Collection entries
--------------------------------

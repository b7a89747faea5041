// Words of a file.

ghost use Rattle.std.specs.Prelude.{◌≡◌};
ghost use Rattle.bicep_tree.specs.Precedence.{level};
ghost use Rattle.bicep_machine.specs.Closing.{is_for};
ghost use Rattle.bicep_machine.specs.Machine.{is_in, is_if, is_sys, is_resource, is_existing, namespace_of, type_of};
ghost use Rattle.bicep_machine.specs.Machine.{word_of};

use crate::word::Word;
use arm_value::Text;
use bicep_tree::{Namespace, Operator, TypeName, is_word};

/// Whether the word is `for`.
#[tactic(auto, unfolding(crate::specs::Closing::is_for))]
pub fn is_for(word: Text) -> bool
    ensures { result ≡ is_for word }
{
    is_word(word.as_str(), "for")
}

/// Whether the word is `in`.
#[tactic(auto, unfolding(crate::specs::Machine::is_in))]
pub fn is_in(word: Text) -> bool
    ensures { result ≡ is_in word }
{
    is_word(word.as_str(), "in")
}

/// Whether the word is `if`.
#[tactic(auto, unfolding(crate::specs::Machine::is_if))]
pub fn is_if(word: Text) -> bool
    ensures { result ≡ is_if word }
{
    is_word(word.as_str(), "if")
}

/// Whether the word is `sys`.
#[tactic(auto, unfolding(crate::specs::Machine::is_sys))]
pub fn is_sys(word: Text) -> bool
    ensures { result ≡ is_sys word }
{
    is_word(word.as_str(), "sys")
}

/// Whether the word is `resource`.
#[tactic(auto, unfolding(crate::specs::Machine::is_resource))]
pub fn is_resource(word: Text) -> bool
    ensures { result ≡ is_resource word }
{
    is_word(word.as_str(), "resource")
}

/// Whether the word is `existing`.
#[tactic(auto, unfolding(crate::specs::Machine::is_existing))]
pub fn is_existing(word: Text) -> bool
    ensures { result ≡ is_existing word }
{
    is_word(word.as_str(), "existing")
}

/// The name space that the word names.
#[tactic(auto, unfolding(crate::specs::Machine::namespace_of))]
pub fn namespace_of(word: &Text) -> Option<Namespace>
    ensures { result ≡ namespace_of word.now }
{
    if is_word(word.as_str(), "sys") {
        Some(Namespace::Sys)
    } else if is_word(word.as_str(), "az") {
        Some(Namespace::Az)
    } else {
        None
    }
}

/// The type that the word names.
#[tactic(auto, unfolding(crate::specs::Machine::type_of))]
pub fn type_of(word: Text) -> Option<TypeName>
    ensures { result ≡ type_of word }
{
    if is_word(word.as_str(), "string") {
        Some(TypeName::String)
    } else if is_word(word.as_str(), "int") {
        Some(TypeName::Int)
    } else if is_word(word.as_str(), "bool") {
        Some(TypeName::Bool)
    } else if is_word(word.as_str(), "object") {
        Some(TypeName::Object)
    } else if is_word(word.as_str(), "array") {
        Some(TypeName::Array)
    } else {
        None
    }
}

/// What the word begins in a file.
#[tactic(auto, unfolding(crate::specs::Machine::word_of))]
pub fn word_of(word: Text) -> Option<Word>
    ensures { result ≡ word_of word }
{
    if is_word(word.as_str(), "metadata") {
        Some(Word::Metadata)
    } else if is_word(word.as_str(), "targetScope") {
        Some(Word::TargetScope)
    } else if is_word(word.as_str(), "param") {
        Some(Word::Param)
    } else if is_word(word.as_str(), "var") {
        Some(Word::Var)
    } else if is_word(word.as_str(), "output") {
        Some(Word::Output)
    } else if is_word(word.as_str(), "resource") {
        Some(Word::Resource)
    } else if is_word(word.as_str(), "module") {
        Some(Word::Module)
    } else {
        None
    }
}

/// How tightly the operator binds.
pub fn level_of(operator: Operator) -> usize
    ensures { result ≡ level operator }
{
    match operator {
        Operator::Coalesce => 1,
        Operator::Or => 2,
        Operator::And => 3,
        Operator::Equals => 4,
        Operator::NotEquals => 4,
        Operator::EqualsInsensitive => 4,
        Operator::NotEqualsInsensitive => 4,
        Operator::Less => 5,
        Operator::LessOrEqual => 5,
        Operator::Greater => 5,
        Operator::GreaterOrEqual => 5,
        Operator::Add => 6,
        Operator::Subtract => 6,
        Operator::Multiply => 7,
        Operator::Divide => 7,
        Operator::Remainder => 7,
    }
}
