// What was read last.

ghost use Rattle.std.specs.Prelude.{◌≡◌, ◌∷◌, Some, Err};
ghost use Rattle.foundation.specs.Stopping.{Gives};
ghost use Rattle.bicep_machine.specs.Views.{frame_of, frames_of, state_of, next_of};
ghost use Rattle.foundation.specs.declared.stop.Stop.TheVariants.{Refused, OutOfMemory};

use crate::discard::Discard;
use crate::frame::{Frame, Header, open};
use crate::kept::Kept;
use crate::word::Word;
use bicep_tree::{
    Access, Body, Decorator, Expr, Function, Label, LoopNames, Member, Name, Namespace, Statement,
    TypeName,
};
use foundation::Stop;
use std::marker::Model;

/// What was read last.
#[derive(Drop)]
pub enum State {
    /// Something after which an expression comes, and whether newlines before the expression are skipped.
    Wanted(bool),
    /// `(` of a call.
    First,
    /// A name in the place of an expression.
    Named(Name),
    /// `sys.` or `az.`: the name space, and its word as a name.
    Qualifying(Namespace, Name),
    /// `sys.f` or `az.f`: the name space, its word as a name, and the name after the dot.
    Qualified(Namespace, Name, Name),
    /// A value, then `.`, `.?` or `::`.
    Dotted(Access, Kept<Box<Expr>>),
    /// An expression that binds most.
    Done(Kept<Box<Expr>>),
    /// An expression that binds most, then a newline that is not skipped.
    Paused(Kept<Box<Expr>>),
    /// `[`, or separators after it or an item.
    Item,
    /// `[` in the place of a body.
    ForWanted(usize),
    /// `[for` in the place of a body.
    NamesWanted(usize),
    /// `[for (` in the place of a body.
    OneWanted,
    /// `[for (x` in the place of a body.
    OneNamed(Name),
    /// `[for (x,` in the place of a body.
    OtherWanted(Name),
    /// `[for (x, i` in the place of a body.
    BothNamed(Name, Name),
    /// `{`, or separators after it or a member.
    Member,
    /// The name of a member.
    Labelled(Label),
    /// A member.
    PastMember(Kept<Member>),
    /// `[for` and the names: the offset of `[`, and the names.
    Among(usize, LoopNames),
    /// `=` before a body.
    Body,
    /// `:` before the body of a loop.
    LoopedBody,
    /// `if` of a body, at that offset.
    Condition(usize),
    /// `if (c)` of a body.
    Guarded,
    /// The object of a loop's body.
    BodyEnd(Box<Header>, Kept<Body>),
    /// Decorators, and the offset of the next `@`.
    AtSign(Kept<Vec<Decorator>>, usize),
    /// `@f`: the decorators before it, the offset of `@`, and the name.
    DecoratorNamed(Kept<Vec<Decorator>>, usize, Name),
    /// `@sys.`: the decorators before it, and the offsets of `@` and of `sys`.
    DecoratorSpaced(Kept<Vec<Decorator>>, usize, usize),
    /// `@sys.f`: the decorators before it, the offset of `@`, and the function.
    DecoratorReady(Kept<Vec<Decorator>>, usize, Function),
    /// Decorators, after which a newline comes.
    Decorated(Kept<Vec<Decorator>>),
    /// Decorators, and the newline after them.
    PastDecorators(Kept<Vec<Decorator>>),
    /// The word of a declaration: the decorators before it, its offset, and the word.
    Declaring(Kept<Vec<Decorator>>, usize, Word),
    /// The word of a declaration and its name.
    Declared(Kept<Vec<Decorator>>, usize, Word, Name),
    /// The word of a declaration, its name and its type.
    Typed(Kept<Vec<Decorator>>, usize, Word, Name, TypeName),
    /// A resource or module up to its type text or path; `existing` may come.
    Headed(Box<Header>),
    /// A resource up to `existing`.
    Existed(Box<Header>),
    /// Newlines, or nothing yet, in a file.
    Between,
    /// A statement.
    PastStatement(Kept<Statement>),
}

/// Where a token leads.
#[derive(Drop)]
pub struct Next {
    /// What was read last.
    pub state: State,
    /// Whether newlines are skipped, as inside parentheses.
    pub inside: bool,
}

// A function that hands a `Next` on then sees no state in it, and derives nothing of the trees there.
impl Model for Next {
    ghost use Rattle.bicep_machine.specs.Held.{Place};
    ghost use Rattle.bicep_machine.specs.declared.state.State.{State};
    ghost use Rattle.bicep_machine.specs.contracts.state.State as states;
    ghost use Rattle.std.specs.Coded.{codes};

    ghost Value = { Place State };

    ghost coded = { Prim.hlevel (codes, states.the_row.coded) };

    ghost view = { λ n. record { state = n.state; inside = n.inside } };
}

/// No file continues this way; drops the part.
pub fn refuse<T: Discard, R>(part: T) -> Result<R, Stop>
    ensures { result ≡ Err Refused }
{
    part.discard();
    Err(Stop::Refused)
}

/// Out of memory; drops the part.
pub fn run_out<T: Discard, R>(part: T) -> Result<R, Stop>
    ensures { result ≡ Err OutOfMemory }
{
    part.discard();
    Err(Stop::OutOfMemory)
}

/// Opens the frame; the state is the next one.
///
/// # Errors
///
/// `OutOfMemory`: memory was refused; nothing is said of the stack.
pub fn enter(frame: Frame, state: State, inside: bool, stack: &mut Vec<Frame>) -> Result<Next, Stop>
    ensures { Gives (λ n. next_of n stack.new.items) result
        (Some (state_of state, inside, frame_of frame ∷ frames_of stack.old.items)) }
{
    match open(stack, frame) {
        Ok(()) => Ok(Next { state, inside }),
        Err(_) => run_out(state),
    }
}
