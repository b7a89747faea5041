//! What the templates of all files of a program are made of.
ghost use Rattle.program_parts.specs.Clauses as spec;

use bicep_program::SourceFile;
use file_templates::{EmitFault, FileOrder, FileParts, file_loops, file_parts};
use resolved_program::ResolvedFile;
use std::alloc::Global;
use template_parts::Form;

// The fault; the part is dropped.
fn refuse<T: Drop, R: Drop>(fault: EmitFault, _part: T) -> Result<R, EmitFault>
    ensures { spec.IsRefused fault result }
{
    Err(fault)
}

// The text of a number.
fn source_at(sources: &[SourceFile], number: usize) -> Option<&SourceFile>
    ensures { spec.IfSome result (λ x. spec.IsAt sources.now number x.now) }
{
    sources.get(number)
}

// What the names of the file of a number are.
fn file_at(files: &[ResolvedFile], number: usize) -> Option<&ResolvedFile>
    ensures { spec.IfSome result (λ x. spec.IsAt files.now number x.now) }
{
    files.get(number)
}

// The items with one more.
fn with_last<T: Drop>(items: Vec<T>, item: T) -> Result<Vec<T>, EmitFault>
    ensures added { spec.IfOk result (λ v. spec.HasLast items.items item v.items) }
    ensures fault { spec.IfErr result spec.IsMemoryFault }
{
    let mut items = items;
    match items.push(item) {
        Ok(()) => Ok(items),
        Err(_) => refuse(EmitFault::OutOfMemory, items),
    }
}

// The order of the file of a number, with its text.
fn order_by(
    alloc: Global,
    sources: &[SourceFile],
    files: &[ResolvedFile],
    source: &SourceFile,
    number: usize,
) -> Result<FileOrder, EmitFault>
    requires { spec.IsReadWith sources.now files.now number source.now }
    ensures order { spec.IfOk result (spec.IsOrderAt sources.now files.now number) }
    ensures fault { spec.IfErr result (spec.IsProgramFault sources.now files.now) }
{
    match file_at(files, number) {
        Some(file) => file_loops(alloc, source, file),
        None => Err(EmitFault::OutOfMemory),
    }
}

// The order of the file of a number.
fn order_at(
    alloc: Global,
    sources: &[SourceFile],
    files: &[ResolvedFile],
    number: usize,
) -> Result<FileOrder, EmitFault>
    requires { spec.IsRead sources.now files.now }
    ensures order { spec.IfOk result (spec.IsOrderAt sources.now files.now number) }
    ensures fault { spec.IfErr result (spec.IsProgramFault sources.now files.now) }
{
    match source_at(sources, number) {
        Some(source) => order_by(alloc, sources, files, source, number),
        None => Err(EmitFault::OutOfMemory),
    }
}

// The orders of the first files with that of the next one.
fn with_order(
    alloc: Global,
    sources: &[SourceFile],
    files: &[ResolvedFile],
    orders: Vec<FileOrder>,
) -> Result<Vec<FileOrder>, EmitFault>
    requires read { spec.IsRead sources.now files.now }
    requires orders { spec.AreOrders sources.now files.now orders.items }
    ensures more { spec.IfOk result (spec.HaveOneMoreOrder sources.now files.now orders.items) }
    ensures fault { spec.IfErr result (spec.IsProgramFault sources.now files.now) }
{
    match order_at(alloc, sources, files, orders.as_slice().len()) {
        Ok(order) => with_last(orders, order),
        Err(fault) => refuse(fault, orders),
    }
}

/// The orders of the declarations of all files of a checked program, with the batches of their loops. `sources` are the
/// texts, and `files` what their names are.
///
/// # Errors
///
/// - `Limit`: a batch has more than 800 instances.
/// - `OutOfMemory`.
pub fn file_orders(
    alloc: Global,
    sources: &[SourceFile],
    files: &[ResolvedFile],
) -> Result<Vec<FileOrder>, EmitFault>
    requires { spec.IsRead sources.now files.now }
    ensures orders { spec.IfOk result (spec.AreAllOrders sources.now files.now) }
    ensures fault { spec.IfErr result (spec.IsProgramFault sources.now files.now) }
{
    let mut all = Vec::new(alloc);
    for _ in 0..files.len() {
        match with_order(alloc, sources, files, all) {
            Ok(more) => all = more,
            Err(fault) => return Err(fault),
        }
    }
    Ok(all)
}

// The parts of the file of a number, with its text.
fn part_by<'a>(
    alloc: Global,
    form: Form,
    sources: &[SourceFile],
    files: &'a [ResolvedFile],
    source: &SourceFile,
    order: &'a FileOrder,
    number: usize,
) -> Result<FileParts<'a>, EmitFault>
    requires read { spec.IsReadWith sources.now files.now number source.now }
    requires order { spec.IsOrderAt sources.now files.now number order.now }
    ensures part { spec.IfOk result (spec.IsPartAt form sources.now files.now number) }
    ensures fault { spec.IfErr result (spec.IsProgramFault sources.now files.now) }
{
    match file_at(files, number) {
        Some(file) => file_parts(alloc, form, source, file, files, order),
        None => Err(EmitFault::OutOfMemory),
    }
}

// The parts of the file of a number.
fn part_at<'a>(
    alloc: Global,
    form: Form,
    sources: &[SourceFile],
    files: &'a [ResolvedFile],
    order: &'a FileOrder,
    number: usize,
) -> Result<FileParts<'a>, EmitFault>
    requires read { spec.IsRead sources.now files.now }
    requires order { spec.IsOrderAt sources.now files.now number order.now }
    ensures part { spec.IfOk result (spec.IsPartAt form sources.now files.now number) }
    ensures fault { spec.IfErr result (spec.IsProgramFault sources.now files.now) }
{
    match source_at(sources, number) {
        Some(source) => part_by(alloc, form, sources, files, source, order, number),
        None => Err(EmitFault::OutOfMemory),
    }
}

// The parts of the first files with those of the next one.
fn with_part<'a>(
    alloc: Global,
    form: Form,
    sources: &[SourceFile],
    files: &'a [ResolvedFile],
    order: &'a FileOrder,
    parts: Vec<FileParts<'a>>,
) -> Result<Vec<FileParts<'a>>, EmitFault>
    requires read { spec.IsRead sources.now files.now }
    requires order { spec.IsNextOrder sources.now files.now parts.items order.now }
    requires parts { spec.AreParts form sources.now files.now parts.items }
    ensures more { spec.IfOk result (spec.HaveOneMorePart form sources.now files.now parts.entry.items) }
    ensures fault { spec.IfErr result (spec.IsProgramFault sources.now files.now) }
{
    match part_at(alloc, form, sources, files, order, parts.as_slice().len()) {
        Ok(part) => with_last(parts, part),
        Err(fault) => refuse(fault, parts),
    }
}

// The parts of all files, in a list that is empty before.
fn parts_in<'a>(
    alloc: Global,
    form: Form,
    sources: &[SourceFile],
    files: &'a [ResolvedFile],
    orders: &'a [FileOrder],
    empty: Vec<FileParts<'a>>,
) -> Result<Vec<FileParts<'a>>, EmitFault>
    requires read { spec.IsRead sources.now files.now }
    requires orders { spec.AreOrdersOfAll sources.now files.now orders.now }
    requires empty { spec.IsEmpty empty.items }
    ensures parts { spec.IfOk result (spec.AreAllParts form sources.now files.now) }
    ensures fault { spec.IfErr result (spec.IsProgramFault sources.now files.now) }
{
    let mut all = empty;
    for order in orders {
        match with_part(alloc, form, sources, files, order, all) {
            Ok(more) => all = more,
            Err(fault) => return Err(fault),
        }
    }
    Ok(all)
}

/// What the templates of all files of a checked program are made of in a form, by the numbers of the files. `orders`
/// is what `file_orders` returned.
///
/// # Errors
///
/// - `Limit`: a file has more than 256 parameters, 512 variables, 64 outputs or 800 resources, with their number.
/// - `OutOfMemory`.
pub fn program_parts<'a>(
    alloc: Global,
    form: Form,
    sources: &[SourceFile],
    files: &'a [ResolvedFile],
    orders: &'a [FileOrder],
) -> Result<Vec<FileParts<'a>>, EmitFault>
    requires read { spec.IsRead sources.now files.now }
    requires orders { spec.AreOrdersOfAll sources.now files.now orders.now }
    ensures parts { spec.IfOk result (spec.AreAllParts form sources.now files.now) }
    ensures fault { spec.IfErr result (spec.IsProgramFault sources.now files.now) }
{
    parts_in(alloc, form, sources, files, orders, Vec::new(alloc))
}
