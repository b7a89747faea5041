// What is open around what is read, on a stack: so the reader does not recurse, however deep a file nests.

ghost use Rattle.std.specs.Prelude.{◌≡◌, ◌+◌, [], ◌∷◌, vec_len, IfOk, OnOk, MatchOption};
ghost use Rattle.bicep_machine.specs.Stack.{header, in_file};
ghost use Rattle.bicep_machine.specs.Views.{kept_decorators, header_of, frame_of, frames_of};

use crate::kept::{Kept, empty};
use crate::word::Owner;
use arm_value::{OutOfMemory, Text};
use bicep_tree::{
    Decorator, Expr, Function, Hole, Indexing, Label, Loop, LoopNames, Member, Name, Operator,
    Prefix, Quoted, Statement, TypeName,
};
use std::alloc::Global;

/// What the `(` of a call follows.
#[derive(Drop)]
pub enum Callee {
    /// A function of an expression.
    Function(Function),
    /// A function of a decorator: the decorators before it, the offset of `@`, and the function.
    Decorator(Kept<Vec<Decorator>>, usize, Function),
}

/// What comes before the body of a resource or a module.
#[derive(Drop)]
pub struct Header {
    /// The decorators before it.
    pub decorators: Kept<Vec<Decorator>>,
    /// The offset of `resource` or `module`, in bytes.
    pub at: usize,
    /// What the body belongs to.
    pub owner: Owner,
    /// Its name in the file.
    pub name: Name,
    /// The type text of a resource, or the path of a module.
    pub path: Quoted,
}

/// What comes before the object of a body.
#[derive(Drop)]
pub enum Front {
    /// Nothing: the object comes first.
    Nothing,
    /// `if`, its offset, and the condition.
    Condition(usize, Kept<Box<Expr>>),
    /// `[for x in xs:`.
    Loop(Kept<Box<Loop>>),
    /// `[for x in xs:`, then `if`, its offset, and the condition.
    LoopAndCondition(Kept<Box<Loop>>, usize, Kept<Box<Expr>>),
}

/// What comes before the expression of a declaration: the offset of its word, its name and its type,
/// as far as it has them.
#[derive(Drop)]
pub enum Assigned {
    /// `metadata`
    Metadata(usize, Name),
    /// `targetScope`
    Scope(usize),
    /// `param`
    Param(usize, Name, TypeName),
    /// `var`
    Var(usize, Name),
    /// `output`
    Output(usize, Name, TypeName),
}

/// What is open. A truth value says whether newlines were skipped around it.
#[derive(Drop)]
pub enum Frame {
    /// `(`
    Grouping(usize, bool),
    /// A call and its arguments so far.
    Calling(Callee, bool, Kept<Vec<Expr>>),
    /// An index after a value.
    Indexing(Kept<Box<Expr>>, Indexing),
    /// `[` with nothing after it.
    Opened(usize, bool),
    /// An array, its items so far, and separators.
    InArray(usize, bool, Kept<Vec<Expr>>),
    /// An object, its members so far, and separators.
    InObject(usize, bool, Kept<Vec<Member>>),
    /// An interpolated text, its first characters, and its holes so far.
    InText(usize, Text, Kept<Vec<Hole>>),
    /// An operator before its operand.
    Prefixing(usize, Prefix),
    /// A left operand and its operator.
    Left(Operator, Kept<Box<Expr>>),
    /// The condition of a conditional, and `?`.
    Asked(Kept<Box<Expr>>),
    /// The condition, the first branch, and `:`.
    Chosen(Kept<Box<Expr>>, Kept<Box<Expr>>),
    /// The name of a member, and `:`.
    Valued(Label),
    /// A declaration up to its `=`.
    Assigned(Kept<Vec<Decorator>>, Assigned),
    /// `[for x in` of a value.
    Over(usize, LoopNames),
    /// `[for x in` of a body.
    BodyOver(usize, LoopNames, Box<Header>),
    /// `[for (` of a body.
    InNames(usize),
    /// `[for x in xs:` of a value.
    Looped(Kept<Box<Loop>>),
    /// `if (` of a body.
    InCondition(usize, Box<Header>, Front),
    /// A body up to its object.
    Bodied(Box<Header>, Front),
    /// The file, and its statements so far.
    InFile(Kept<Vec<Statement>>),
}

/// What comes before a body, in a box.
pub fn header_of(
    alloc: Global,
    decorators: Kept<Vec<Decorator>>,
    at: usize,
    owner: Owner,
    name: Name,
    path: Quoted,
) -> Result<Box<Header>, OutOfMemory>
    ensures { IfOk result
        (λ h. header_of h.value ≡ header (kept_decorators decorators) at owner name path) }
{
    let header = Header {
        decorators,
        at,
        owner,
        name,
        path,
    };
    Ok(Box::new(alloc, header)?)
}

/// A stack on which nothing but a file without statements is open.
pub fn empty_file(alloc: Global) -> Result<Vec<Frame>, OutOfMemory>
    ensures { IfOk result (λ s. frames_of s.items ≡ in_file ([], 0) ∷ []) }
{
    let mut stack = Vec::new(alloc);
    open(&mut stack, Frame::InFile(empty(alloc)))?;
    Ok(stack)
}

/// Puts the frame on top.
#[tactic(auto, using(crate::proofs::StackLemmas::stacks))]
pub fn open(stack: &mut Vec<Frame>, frame: Frame) -> Result<(), OutOfMemory>
    ensures { OnOk result
        (frames_of stack.new.items ≡ frame_of frame ∷ frames_of stack.old.items) }
{
    stack.push(frame)?;
    Ok(())
}

/// Takes the frame on top; `None` where nothing is open.
pub fn close(stack: &mut Vec<Frame>) -> Option<Frame>
    ensures frames { MatchOption result
        ((frames_of stack.old.items ≡ []) × (frames_of stack.new.items ≡ []))
        (λ f. frames_of stack.old.items ≡ frame_of f ∷ frames_of stack.new.items) }
    ensures shorter { MatchOption result (Unit {0})
        (λ _. vec_len stack.new + 1 ≡ vec_len stack.old) }
{
    stack.pop()
}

--------------------------------

* [What to produce]: Your answer must consist only of the lines from the start of the records above through the line with "pub fn type_of(word: Text)", each retyped exactly.

* [Your solution]:
repository b7a89747faea5041
// Words of a file.

ghost use Rattle.std.specs.Prelude.{◌≡◌};
ghost use Rattle.bicep_tree.specs.Precedence.{level};
ghost use Rattle.bicep_machine.specs.Closing.{is_for};
ghost use Rattle.bicep_machine.specs.Machine.{is_in, is_if, is_sys, is_resource, is_existing, namespace_of, type_of};
ghost use Rattle.bicep_machine.specs.Machine.{word_of};

use crate::word::Word;
use arm_value::Text;
use bicep_tree::{Namespace, Operator, TypeName, is_word};

/// Whether the word is `for`.
#[tactic(auto, unfolding(crate::specs::Closing::is_for))]
pub fn is_for(word: Text) -> bool
    ensures { result ≡ is_for word }
{
    is_word(word.as_str(), "for")
}

/// Whether the word is `in`.
#[tactic(auto, unfolding(crate::specs::Machine::is_in))]
pub fn is_in(word: Text) -> bool
    ensures { result ≡ is_in word }
{
    is_word(word.as_str(), "in")
}

/// Whether the word is `if`.
#[tactic(auto, unfolding(crate::specs::Machine::is_if))]
pub fn is_if(word: Text) -> bool
    ensures { result ≡ is_if word }
{
    is_word(word.as_str(), "if")
}

/// Whether the word is `sys`.
#[tactic(auto, unfolding(crate::specs::Machine::is_sys))]
pub fn is_sys(word: Text) -> bool
    ensures { result ≡ is_sys word }
{
    is_word(word.as_str(), "sys")
}

/// Whether the word is `resource`.
#[tactic(auto, unfolding(crate::specs::Machine::is_resource))]
pub fn is_resource(word: Text) -> bool
    ensures { result ≡ is_resource word }
{
    is_word(word.as_str(), "resource")
}

/// Whether the word is `existing`.
#[tactic(auto, unfolding(crate::specs::Machine::is_existing))]
pub fn is_existing(word: Text) -> bool
    ensures { result ≡ is_existing word }
{
    is_word(word.as_str(), "existing")
}

/// The name space that the word names.
#[tactic(auto, unfolding(crate::specs::Machine::namespace_of))]
pub fn namespace_of(word: &Text) -> Option<Namespace>
    ensures { result ≡ namespace_of word.now }
{
    if is_word(word.as_str(), "sys") {
        Some(Namespace::Sys)
    } else if is_word(word.as_str(), "az") {
        Some(Namespace::Az)
    } else {
        None
    }
}

/// The type that the word names.
#[tactic(auto, unfolding(crate::specs::Machine::type_of))]
pub fn type_of(word: Text) -> Option<TypeName>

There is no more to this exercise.